A method for solving problems in variational calculus and, in general, finite-dimensional extremal problems, based on optimization of a functional on finite-dimensional subspaces or manifolds.

Let the problem of finding a minimum point of a functional $J : U \rightarrow \mathbf R$ on a separable Banach space $U$ be posed, where $J$ is bounded from below. Let some system of elements $\{ \phi _ {n} \} _ {1} ^ \infty \subset U$, complete in $U$ (cf. Complete system), be given (a so-called coordinate system). In the Ritz method, the minimizing element in the $n$-th approximation is sought in the linear hull of the first $n$ coordinate elements $\phi _ {1} \dots \phi _ {n}$, i.e. the coefficients $c _ {1} ^ {( n)} \dots c _ {n} ^ {( n)}$ of the approximation

$$u _ {n} = \sum _ { j= 1} ^ { n } c _ {j} ^ {( n)} \phi _ {j}$$

are defined by the condition that $J ( u _ {n} )$ be minimal among the specified elements. Instead of a coordinate system one can specify a sequence of subspaces $U _ {n} \subset U$, not necessarily nested.
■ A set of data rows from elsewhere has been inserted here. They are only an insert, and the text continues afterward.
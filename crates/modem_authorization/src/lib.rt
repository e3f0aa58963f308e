// The authorization machine, by value: its step hands the machine back with the Identifier counter and the messages that it sends, as
// specs/Authorization.antt says. What it does to the TEK machines stands in `modem_receive`.

#![tactic(auto)]

pub mod authorization;
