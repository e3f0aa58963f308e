// The schedule program's input and output: it reads standard input and writes the table to standard output, 4,096 octets at
// a time. No contract can say which octets a write to it puts out; `schedule_table` says what the slices hold that are
// handed to it, and here they are counted: all of them, where every write went out.

#![tactic(auto)]

ghost use Rattle.std.specs.Prelude.{◌≡◌, ◌≤◌, length};
ghost use Rattle.schedule_table.specs.Schedule.{output_of};
ghost use Rattle.schedule_io.specs.Sent.{Sends, SendsSome};

use schedule_table::print::{fill, start};
use std::io::{Print, Read, Stdin, Stdout};

// Octets of the input that decide.
const INPUT_OCTETS: usize = 128;

// Octets of the slice that is written at a time.
const SLICE_OCTETS: usize = 4096;

// A write failed: how many octets had been handed to the output, of which some of the last slice's may have gone out.
#[derive(Clone, Copy)]
pub struct WriteFailed {
    pub octets: usize,
}

// Prints all that the input asks for, and answers how many octets they are; it stops where a write fails.
pub fn print(to: &Stdout, input: &[u8]) -> Result<usize, WriteFailed>
    ensures { Sends (output_of input.now) result }
{
    let mut out = [0u8; SLICE_OCTETS];
    let first = start(input, &mut out);
    let mut octets = first.count;
    if to.write_all(&out[..first.count]).is_err() {
        return Err(WriteFailed { octets });
    }
    let mut cursor = first.cursor;
    // as long as calls are left, which each slice takes some of
    while 1 <= cursor.left {
        let more = fill(cursor, &mut out);
        octets += more.count;
        if to.write_all(&out[..more.count]).is_err() {
            return Err(WriteFailed { octets });
        }
        cursor = more.cursor;
    }
    Ok(octets)
}

// Reads until `buf` is full, the input ends or a read fails, and answers how many octets stand at the front of `buf`.
fn read_full(mut from: Stdin, buf: &mut [u8]) -> usize
    ensures { result ≤ length buf.new }
{
    let mut done: usize = 0;
    // a read gives as many octets as it likes
    while done < buf.len() {
        let n = from.read(&mut buf[done..]).unwrap_or(0);
        if n == 0 {
            return done;
        }
        done += n;
    }
    done
}

// Reads standard input and prints. The first 128 octets decide (`first_octets` of schedule_table's InputLaws).
pub fn run(from: Stdin, to: &Stdout) -> Result<usize, WriteFailed>
    ensures { SendsSome result }
{
    let mut input = [0u8; INPUT_OCTETS];
    let n = read_full(from, &mut input);
    print(to, &input[..n])
}
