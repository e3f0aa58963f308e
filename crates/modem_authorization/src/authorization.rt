// The authorization machine.
ghost use Rattle.std.specs.Prelude.{◌≡◌};
ghost use Rattle.modem_authorization.specs.Authorization.{is_passive_of, requests_into, auth_takes_new, auth_identifier, auth_counter, auth_timer, ak_after_of, informs_value, requests_of, auth_moved, auth_step_of, AuthReady};

use key_traffic::numbers::AkNumber;
use key_traffic::traffic::difference;
use message_rules::codes::{
    CODE_AUTHENTICATION_INFORMATION, CODE_AUTHORIZATION_REQUEST, UNSOLICITED,
};
use modem_tek::parts::{Request, no_request};
use modem_transitions::identifier::next_if;
use modem_transitions::states::{
    AUTH_AUTHORIZED, AUTH_EVENT_INVALID, AUTH_EVENT_REPLY, AUTH_EVENT_TIMEOUT, AUTH_REAUTH_WAIT,
    AUTH_REJECT_WAIT, AUTH_WAIT, BLANK,
};
use modem_transitions::timer::{Timer, cleared, set_at};
use modem_transitions::transitions::authorization_next;

// `state` is 0 to 5 for A to F; `identifier` is that of its last Request; `ak` is the number of the last Reply's key.
#[repr(C)]
#[derive(Clone, Copy)]
pub struct Authorization {
    pub state: u8,
    pub identifier: u8,
    pub ak: AkNumber,
    pub timer: Timer,
}

// A type of its own beside `TekContext`: they have the clock, the grace and the counter in common, and the definitions of each name its waits.
// What a step uses of the modem: the clock, the waits, the grace, the modem's own SAID and the Identifier counter; and of a Reply
// the key's number and life.
#[derive(Clone, Copy)]
pub struct AuthContext {
    pub clock: u64,
    pub authorize: u64,
    pub reauthorize: u64,
    pub reject: u64,
    pub grace: u64,
    pub said: u16,
    pub counter: u8,
    pub ak: AkNumber,
    pub life: u64,
}

// The machine after a step, the counter, and what it sends: Authentication Information, then a Request, each where its code is not 0.
#[derive(Clone, Copy)]
pub struct AuthStep {
    pub machine: Authorization,
    pub counter: u8,
    pub informs: Request,
    pub requests: Request,
}

fn is_passive(event: u8, from: u8) -> bool
    ensures { result ≡ is_passive_of event from }
{
    (event == AUTH_EVENT_INVALID) & (from == AUTH_REAUTH_WAIT)
}

fn is_requesting(event: u8, from: u8, to: u8) -> bool
    ensures { result ≡ requests_into event from to }
{
    ((to == AUTH_WAIT) | (to == AUTH_REAUTH_WAIT)) & !is_passive(event, from)
}

fn is_new(event: u8, from: u8, to: u8) -> bool
    ensures { result ≡ auth_takes_new event from to }
{
    is_requesting(event, from, to) & (event != AUTH_EVENT_TIMEOUT)
}

#[tactic(auto, unfolding(crate::specs::Authorization::informs_value))]
fn informs_of(to: u8) -> Request
    ensures { result ≡ informs_value to }
{
    if to == AUTH_WAIT {
        Request {
            code: CODE_AUTHENTICATION_INFORMATION,
            identifier: UNSOLICITED,
            ak: AkNumber(0),
            said: 0,
        }
    } else {
        no_request()
    }
}

impl Authorization {
    #[tactic(auto, unfolding(crate::specs::Authorization::auth_identifier))]
    fn identifier_after(self, event: u8, to: u8, x: AuthContext) -> u8
        ensures { result ≡ auth_identifier event to self x }
    {
        next_if(is_new(event, self.state, to), x.counter, self.identifier)
    }

    #[tactic(auto, unfolding(crate::specs::Authorization::auth_counter))]
    fn counter_after(self, event: u8, to: u8, x: AuthContext) -> u8
        ensures { result ≡ auth_counter event to self x }
    {
        next_if(is_new(event, self.state, to), x.counter, x.counter)
    }

    #[tactic(auto, unfolding(crate::specs::Authorization::auth_timer))]
    fn timer_after(self, event: u8, to: u8, x: AuthContext) -> Timer
        requires { AuthReady x }
        ensures { result ≡ auth_timer event to self x }
    {
        if is_passive(event, self.state) {
            return self.timer;
        }
        match to {
            AUTH_WAIT => set_at(x.clock + x.authorize),
            AUTH_REAUTH_WAIT => set_at(x.clock + x.reauthorize),
            AUTH_REJECT_WAIT => set_at(x.clock + x.reject),
            AUTH_AUTHORIZED => set_at(x.clock + difference(x.life, x.grace)),
            _ => cleared(),
        }
    }

    fn ak_after(self, event: u8, x: AuthContext) -> AkNumber
        ensures { result ≡ ak_after_of event self x }
    {
        match event {
            AUTH_EVENT_REPLY => x.ak,
            _ => self.ak,
        }
    }

    #[tactic(auto, unfolding(crate::specs::Authorization::requests_of))]
    fn requests_after(self, event: u8, to: u8, x: AuthContext) -> Request
        ensures { result ≡ requests_of event to self x }
    {
        if is_requesting(event, self.state, to) {
            Request {
                code: CODE_AUTHORIZATION_REQUEST,
                identifier: self.identifier_after(event, to, x),
                ak: AkNumber(0),
                said: x.said,
            }
        } else {
            no_request()
        }
    }

    #[tactic(auto, unfolding(crate::specs::Authorization::auth_moved))]
    fn moved(self, event: u8, to: u8, x: AuthContext) -> AuthStep
        requires { AuthReady x }
        ensures { result ≡ auth_moved event to self x }
    {
        let machine = Authorization {
            state: to,
            identifier: self.identifier_after(event, to, x),
            ak: self.ak_after(event, x),
            timer: self.timer_after(event, to, x),
        };
        AuthStep {
            machine,
            counter: self.counter_after(event, to, x),
            informs: informs_of(to),
            requests: self.requests_after(event, to, x),
        }
    }

    // The machine takes an event; `x.ak` and `x.life` are a Reply's, and no other event uses them.
    #[tactic(auto, unfolding(crate::specs::Authorization::auth_step_of))]
    pub fn step(self, event: u8, x: AuthContext) -> AuthStep
        requires { AuthReady x }
        ensures { result ≡ auth_step_of self event x }
    {
        match authorization_next(event, self.state) {
            BLANK => AuthStep {
                machine: self,
                counter: x.counter,
                informs: no_request(),
                requests: no_request(),
            },
            to => self.moved(event, to, x),
        }
    }
}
Let $H$ be a Hilbert space with scalar product $( u , v )$, let $A$ be a self-adjoint positive-definite (i.e. $\exists \gamma > 0$: $( Au, u) \geq \gamma \| u \| ^ {2}$ for all $u \in D( A)$), possibly unbounded, operator in $H$, and let $H _ {A}$ be the Hilbert space obtained by completing the domain of definition $D ( A) \subseteq H$ of $A$ with respect to the norm $\| u \| _ {A}$ generated by the scalar product $( u , v ) _ {A} = ( Au , v )$, $u , v \in D ( A)$. Let it be required to solve the problem

$$\tag{1 } Au = f .$$

This is equivalent to the problem of finding a minimum point of the quadratic functional

$$\Phi ( u) = ( Au , u ) - ( u , f ) - ( f , u ) ,$$

which can be written in the form

$$\Phi ( u) = \| u - u _ {0} \| _ {A} ^ {2} - \| u _ {0} \| _ {A} ^ {2} ,\ \ u \in H _ {A} ,$$

where $u _ {0} = A ^ {- 1} f$ is a solution of equation (1). Let $H _ {n} \subset H _ {A}$, $n = 1 , 2 \dots$ be closed (usually, finite-dimensional) subspaces such that $\| u - P _ {n} u \| _ {A} \rightarrow 0$ as $n \rightarrow \infty$ for every $u \in H _ {A}$, where $P _ {n}$ is the orthogonal projection in $H _ {A}$ projecting onto $H _ {n}$. By minimizing $\Phi$ in $H _ {n}$ one obtains a Ritz approximation $u _ {n} = P _ {n} u _ {0}$ to the solution of equation (1); moreover, $\| u _ {n} - u _ {0} \| _ {A} = \| u _ {0} - P _ {n} u _ {0} \| _ {A} \rightarrow 0$ as $n \rightarrow \infty$. If $\mathop{\rm dim} H _ {n} = n$ and $\phi _ {1} ^ {( n)} \dots \phi _ {n} ^ {( n)}$ is a basis in $H _ {n}$, then the coefficients of the element

$$\tag{2 } u _ {n} = \ \sum _ { j= 1} ^ { n } c _ {j} ^ {( n)} \phi _ {j} ^ {( n)}$$

are determined from the linear system of equations

$$\tag{3 } \sum _ { j= 1} ^ { n } ( \phi _ {j} ^ {( n)} , \phi _ {i} ^ {( n)} ) _ {A} c _ {j} ^ {( n)} = \ ( f , \phi _ {i} ^ {( n) }) ,\ \ i = 1 \dots n .$$

One can also arrive at a Ritz approximation without making use of the variational statement of the problem (1). Namely, by defining the approximation (2) from the condition

$$( A u _ {n} - f , \phi _ {i} ^ {( n)} ) = 0 ,\ \ i = 1, \dots, n$$

(the Galerkin method), one arrives at the same system of equations (3). That is why the Ritz method for equation (1) is sometimes called the Ritz–Galerkin method.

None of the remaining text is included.